Speaker:: Mudita Khurana
Title:: Rethinking how we evaluate security agents for real-world use
Duration:: 10 min
Video:: https://www.youtube.com/watch?v=uImn7_dmeoY
## Key Thesis
Current security agent evaluation is rooted in narrow, outcome-only scoring that hides whether agents actually reason correctly or just pattern-match to the right answer. A capability-centric framework called CLASP provides six rubrics to measure how an agent achieves results, not just whether it does, enabling targeted improvement and more reliable deployment.
## Synopsis
Khurana opens with an analogy: a student who gives the right answer by guessing cannot be reliably corrected or improved, because there's no underlying skill to give feedback on. The same problem plagues security agents graded on brittle, outcome-only benchmarks. An 80% benchmark score tells you nothing about why it worked, why it failed, or whether it will transfer to your environment.
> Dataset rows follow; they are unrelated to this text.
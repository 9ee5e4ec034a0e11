//! How patterns and rules are written: lexemes, grammars and first faults.
#![tactic(auto)]

pub mod language_laws;
pub mod lexeme;
pub mod limits;
pub mod pattern_fault;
She illustrates the problem with a SQL injection detection example. An agent might correctly flag a vulnerable code pattern, but a trace review reveals it used shallow pattern matching — it never traced taint flow, never checked downstream sanitization, and produced no exploit evidence. That's a passing score masking fundamentally broken reasoning. Worse, when that agent is part of a larger security workflow (find → exploit → patch → validate), carrying incorrect or incomplete context forward causes the whole chain to fail even if individual steps pass.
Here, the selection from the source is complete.